GENERAL DESCRIPTION Manta
rays are large beautiful sea creatures that live in warm temperate waters.
Their side or pectoral fins have evolved into wide triangular wings which are
use to easily propel themselves through the water. With wingspans that reach
over 20 feet across, manta rays are one of the largest animals in the ocean.
Their broad blanket-like bodies earned them the name manta, which
means cloak in Spanish. Their Hawaiian name is Hahalua.
Mantas are members of a
group called batoids, which include rays, skates and related
fish. More specifically, manta rays are members of a larger ray group,
scientifically called Myliobatiformes. Rays share common
characteristics such as flattened, streamlined bodies and pectoral fins that
have evolved large and wide to make up much of their bodies.
Manta rays belong to the
family of rays referred to as devil rays, scientifically called Mobulidae. Devil
rays share the common characteristic of cephalic or head
fins. When unfurled, the fins help to funnel in food and water into the mouth.
To make the fins more streamlined, manta rays can roll up these flexible
appendages. When furled, these fins were thought to resemble devil horns.
When further broken down,
manta rays belong to the genus; Manta and the species name birostris.
Presently, the scientific community identifies all manta rays as one species
called Manta birostris. In the past, manta rays were broken into
as many as nine species based on their size, coloration, and location.
Researchers are working on clearing up this mystery by taking tissue samples of
various animals worldwide and comparing mitochondrial DNA.

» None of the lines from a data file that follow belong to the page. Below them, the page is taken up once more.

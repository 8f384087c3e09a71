//! Why a registry's file wasn't opened or written.

use thiserror::Error;

/// Why a registry's file wasn't opened or written.
#[derive(Clone, Copy, Debug, PartialEq, Eq, Error)]
pub enum RegistryFault {
    /// Memory ran out, or there are 2^16 options or more.
    #[error("no memory")]
    NoMemory,
    /// The first text doesn't begin with the version of this format.
    #[error("the file has another version")]
    OtherVersion,
    /// The file has no first text. So nothing that stands in it was ever acknowledged.
    #[error("the file was not begun")]
    NotBegun,
    /// The file is damaged from this byte on. No crash can have left it.
    #[error("the file is damaged at byte {0}")]
    Damaged(usize),
    /// The text of this number, counted from 0, is no record's, or the first text names no store. No crash can have
    /// left the file.
    #[error("frame {0} is no record")]
    WrongRecord(usize),
    /// The file has 2^60 bytes.
    #[error("the journal is full")]
    Full,
    /// The device failed, or the registry is out.
    #[error("the disk failed")]
    Failed,
}
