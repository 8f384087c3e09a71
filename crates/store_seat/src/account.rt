//! What a store's book has of a seat.

ghost use Rattle.std.specs.Prelude.{◌≡◌, ◌↔◌, IsTrue};
ghost use Rattle.store_seat.specs.Accounts.{Knows};

use crate::naming::Naming;
use crate::seat::Seat;

/// What the book has of a seat.
#[derive(Clone, Copy)]
pub struct Account {
    /// The last place that the seat was answered or shown, plus 1.
    pub first: u64,
    /// How many records of the seat there are.
    pub count: u64,
}

/// Whether the book's numbers of the seat are the seat's own.
pub fn is_known<B: Naming>(book: &Vec<Account>, seat: &Seat<B>) -> bool
    ensures { IsTrue result ↔ Knows book.now.items seat.now }
{
    match book.get(seat.number as usize) {
        Some(account) => account.first == seat.first && account.count == seat.count,
        None => false,
    }
}
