//! What the parts of a store are called, and what it was made of.

use history_row::Labels;
use std::marker::Brand;

/// Names the parts of one store: its ledger, its cells and the table of its mark. It also has what the store was made
/// of. Each call of a program that opens a store picks such a name.
pub trait Naming: Labels {
    ghost use Rattle.atomic_table.specs.Seated.{TableId};
    ghost use Rattle.store_seat.specs.Made.{Made};

    ghost table: { TableId };

    ghost made: { Made };
}

impl Naming for Brand {
    ghost use Rattle.std.specs.Prelude.{[]};
    ghost use Rattle.store_seat.specs.Made.{nobody};

    ghost table = { record {
      words = 0;
      slots = 0;
      views_name = 0;
      atom = 0;
      block = 0;
      offset = 0;
      slot_names = [];
    } };

    ghost made = { nobody };
}
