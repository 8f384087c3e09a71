//! Up to which record no seat can settle one.

ghost use Rattle.std.specs.Prelude.{◌≡◌, ◌≤◌, ◌⊎◌, ◌↔◌, IsTrue, Some, length, slice_get};
ghost use Rattle.store_seat.specs.declared.account.Account.{Account as AccountValue};
ghost use Rattle.store_seat.specs.Accounts.{IsOpen, IsSettled};

use crate::account::Account;
use history::History;

/// The place of the first record from `from` on that its seat can still settle, among those that are durable; without
/// one, the durable count. It takes no memory, and reads the records up to that place.
pub fn settled_to(history: &History, book: &Vec<Account>, from: u64, durable: u64) -> u64
    requires kept { history.now.forgotten ≤ from }
    requires durable { durable ≤ length history.now.records }
    ensures settled { IsSettled from book.now.items history.now.records result }
    ensures near { IsOpen book.now.items history.now.records result ⊎ (durable ≤ result) }
{
    for place in from..durable {
        if is_open(history, book, place) {
            return place;
        }
    }
    durable
}

/// Whether the record at this place is of a seat that the book has, and isn't below the seat's first number.
fn is_open(history: &History, book: &Vec<Account>, place: u64) -> bool
    requires { history.now.forgotten ≤ place }
    ensures { IsTrue result ↔ IsOpen book.now.items history.now.records place }
{
    match history.get(place as usize) {
        Some(what) => is_first(book, what.seat, place),
        None => false,
    }
}

/// Whether the book has the seat, and its first number is at most this place.
fn is_first(book: &Vec<Account>, seat: u64, place: u64) -> bool
    ensures { IsTrue result ↔ ((a : AccountValue) × (slice_get book.now.items seat ≡ Some a) × (a.first ≤ place)) }
{
    match book.get(seat as usize) {
        Some(account) => account.first <= place,
        None => false,
    }
}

MORPHOLOGY: Many of what were in the past-considered different species of manta
rays are in fact simply different colors of mantas. Similar to how there are
different races in humans, mantas can have different color morphologies. In
Hawaii, we typically see mantas that are black dorsally (on their back) with
white dorsal "shoulder bars". Ventrally (on their belly) they are
mostly white, with a pattern of black spots. While the dorsal coloration is
relatively similar in mantas worldwide, ventrally they can be very different. The
most extreme difference is the "black mantas". These mantas are
predominantly black on their ventral surface, with small spots or patches of
white. While both black and white mantas can be seen together in some
locations, the white color morphology is always more dominant. However, we know
these are not different species because where they are seen together, the white
mantas are genetically more similar to black mantas from that area than they are
to white mantas from any other area.